Waking up and seeing my stoma for the first time was one of the hardest things I’ve had to go through but not as hard as suffering with Crohn’s disease for the last 10 years. Being in hospital away from my children for 3 weeks after having the operation was heart wrenching as I’d been in hospital a few times before but not for this long. My youngest daughter was 13 years old and my eldest daughter 17 and I’d been a single Mum for 12 years doing everything for them. Providing a home, working full time and being a mum was very hard especially when you suffer with Crohn’s disease.
My girls accepted the fact that I had a stoma very well. I think they saw it as my life saver and they knew that I truly wouldn’t be here if I didn’t have my stoma.
In the first few weeks I had some issues with my stoma like sore skin and leaks so I was very nervous going out but I really wanted to grab hold of normality and do things with my girls that I hadn’t done for a long time.
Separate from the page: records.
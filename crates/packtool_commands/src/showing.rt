//! The lines of a pack index, as `git show-index` prints them.

ghost use Rattle.std.specs.Prelude.{◌≡◌, ◌≢◌, ◌↔◌, ◌⊎◌, [], false, true, IfErr, IfOk, IfSome, IsErrOf, IsTrue, OnOk};
ghost use Rattle.std.specs.Io.KnownBytes.{Consumes, IsAtEnd};
ghost use Rattle.streams.specs.Streams.{Wrote};
ghost use Rattle.pack_index.specs.Format.{ids_in};
ghost use Rattle.packtool_commands.specs.Files.{HasShown, HasBegunShowing, IsFileRefusal, IsKindByLength, IsOpenedAs, IsRefusalAs, index_lines};
ghost use Rattle.packtool_commands.specs.declared.error.FileError.{FileError};

use crate::error::FileError;
use crate::line_buffer::{LINES_LEN, next_line_at, put_index_line};
use gix_hash::Kind;
use pack_index::File;
use pack_index::tables::check_tables;
use std::alloc::Allocator;
use streams::{CHUNK_LEN, Sink, Source, WriteFailed, write_all};

/// Reads a pack index of version 2 to its end, and writes a line for each of its ids, in their
/// order, as `git show-index` does: the object's offset in the pack, in decimal; a space; the id in
/// hex; a space; the CRC-32 of the packed object as eight hex digits in parentheses; and a line
/// feed. Returns whether there is one. If no kind is given, the ids may be of either.
///
/// Nothing is written before the input is known to be an index. [`FileError::Input`] is returned if
/// and only if a read fails, and [`FileError::Output`] if and only if a write fails, after a proper
/// beginning of the lines. Input and sink must not have failed before.
///
/// ```
/// let any = show(rt.alloc(), None, &mut input, &mut out)?;
/// println!(rt; "{any}")?;
/// ```
pub fn show<A: Allocator, R: Source, W: Sink>(
    alloc: A,
    kind: Option<Kind>,
    input: &mut R,
    out: &mut W,
) -> Result<bool, FileError>
    requires input { R.has_failed input.old ≡ false }
    requires output { W.has_failed out.old ≡ false }
    ensures shown { IfOk result (λ any. IfSome (R.remaining input.old) (λ bytes.
        HasShown kind bytes any (W.taken out.old) (W.taken out.new))) }
    ensures refused { IfErr result (λ e. IfSome (R.remaining input.old) (λ bytes.
        IsFileRefusal kind bytes e)) }
    ensures untouched { IfErr result (λ e. e ≢ FileError.Output → out.new ≡ out.old) }
    ensures input { IsErrOf result FileError.Input ↔ (R.has_failed input.new ≡ true) }
    ensures output { IsErrOf result FileError.Output ↔ (W.has_failed out.new ≡ true) }
    ensures part { IsErrOf result FileError.Output → IfSome (R.remaining input.old) (λ bytes.
        HasBegunShowing kind bytes (W.taken out.old) (W.taken out.new)) }
{
    let bytes = read_all(alloc, input)?;
    let file = open_index(&bytes, kind)?;
    write_lines(&file, out)?;
    Ok(has_names(&file))
}

// Whether an index has an id.
fn has_names(file: &File<'_>) -> bool
    ensures { IsTrue result ↔ (ids_in file.now.kind file.now.bytes ≢ []) }
{
    file.num_objects() > 0
}

/// Takes the bytes as a pack index of version 2 with ids of a kind. If no kind is given, the ids
/// may be of either. The error is then that of an index with ids of SHA-256 if the bytes are as
/// many as such an index has, and otherwise that of an index with ids of SHA-1.
///
/// ```
/// let file = open_index(content, None)?;
/// println!(rt; "{} ids of the kind {}", file.num_objects(), file.object_hash())?;
/// ```
pub fn open_index(bytes: &[u8], kind: Option<Kind>) -> Result<File<'_>, pack_index::Error>
    ensures ok { IfOk result (IsOpenedAs kind bytes.now) }
    ensures err { IfErr result (IsRefusalAs kind bytes.now) }
{
    match kind {
        Some(kind) => File::try_new(bytes, kind),
        None => match File::try_new(bytes, kind_by_length(bytes)) {
            Err(pack_index::Error::OtherKind(kind)) => File::try_new(bytes, kind),
            opened => opened,
        },
    }
}

// The kind of the ids of an index, by its length.
fn kind_by_length(bytes: &[u8]) -> Kind
    ensures { IsKindByLength bytes.now result }
{
    match check_tables(bytes, Kind::Sha256) {
        Ok(()) | Err(pack_index::Error::Version1) => Kind::Sha256,
        Err(_) => Kind::Sha1,
    }
}

// Writes the lines of an index. This function is not inlined, so that they are on the stack only
// while it runs.
#[inline(never)]
fn write_lines<W: Sink>(file: &File<'_>, out: &mut W) -> Result<(), WriteFailed>
    requires { W.has_failed out.old ≡ false }
    ensures { Wrote W.taken W.has_failed out.old out.new result
        (index_lines file.now.kind file.now.bytes) }
{
    let mut lines = [0; LINES_LEN];
    let mut end = 0;
    let count = file.num_objects();
    for index in 0..count {
        let at = next_line_at(&lines, end, out)?;
        end = put_index_line(&mut lines, at, file, index);
    }
    write_all(out, &lines[..end])
}

// Reads the source to its end. This function is not inlined, so that the chunk is on the stack only
// while it runs.
#[inline(never)]
fn read_all<A: Allocator, R: Source>(alloc: A, input: &mut R) -> Result<Vec<u8, A>, FileError>
    requires { R.has_failed input.old ≡ false }
    ensures all { IfOk result (λ text. Consumes (R.remaining input.old)
        (R.remaining input.new) text.items) }
    ensures end { OnOk result (IsAtEnd (R.remaining input.new)) }
    ensures refused { IfErr result (λ e. (e ≡ FileError.Memory) ⊎ (e ≡ FileError.Input)) }
    ensures memory { IsErrOf result FileError.Memory
        → IfSome (R.remaining input.old) (λ bytes. bytes ≢ []) }
    ensures input { IsErrOf result FileError.Input ↔ (R.has_failed input.new ≡ true) }
{
    let mut text = Vec::new(alloc);
    let mut chunk = [0; CHUNK_LEN];
    'chunks: loop {
        let Ok(count) = input.read(&mut chunk) else {
            return Err(FileError::Input);
        };
        if count == 0 {
            return Ok(text);
        }
        text.extend_from_slice(&chunk[..count])?;
    }
}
I remember going to the cinema with Livi, my youngest, and during the film I got up to check all was okay and at the end of the film, again, checking everything was ok. That was when I had my first leak outdoors and it really threw me and I could see worry on Livi’s face too which made me pull myself together, sort it out and be brave for her sake. I think because I adapted really well with the stoma it made my girls more at ease with it. Livi had seen my stoma when I was in hospital, she watched whilst the stoma nurse was changing my bag and she wasn’t squeamish at all. The situation with leaks and sore skin didn’t last too long although at the time it felt like forever! Once I found the right bag for me things started to get a lot better and I began developing confidence. I always took an emergency supply of bags with me wherever I went just in case I had a leak but fortunately I have never had to use it. My girls being teenagers were at the age where humour would really help with situations. I found by laughing at certain things like the smell of the bathroom when I’ve just emptied my bag really does lighten the fact of having a stoma. They made jokes about me not having a bottom, in a very jovial way, and we all laugh about it and I think that has really helped in coming to terms with it all. After all they do say laughter is the best form of medicine don’t they?
It’s been 2 years since I had my op and I do think sometimes they forget I have a stoma as I don’t let it stop me doing anything at all. Life really is so much better and my girls feel they have their mum back. We go swimming, cycling and all the things we did before I got sick. We even spent 5 hours in a water park on holiday and I went on most of the rides!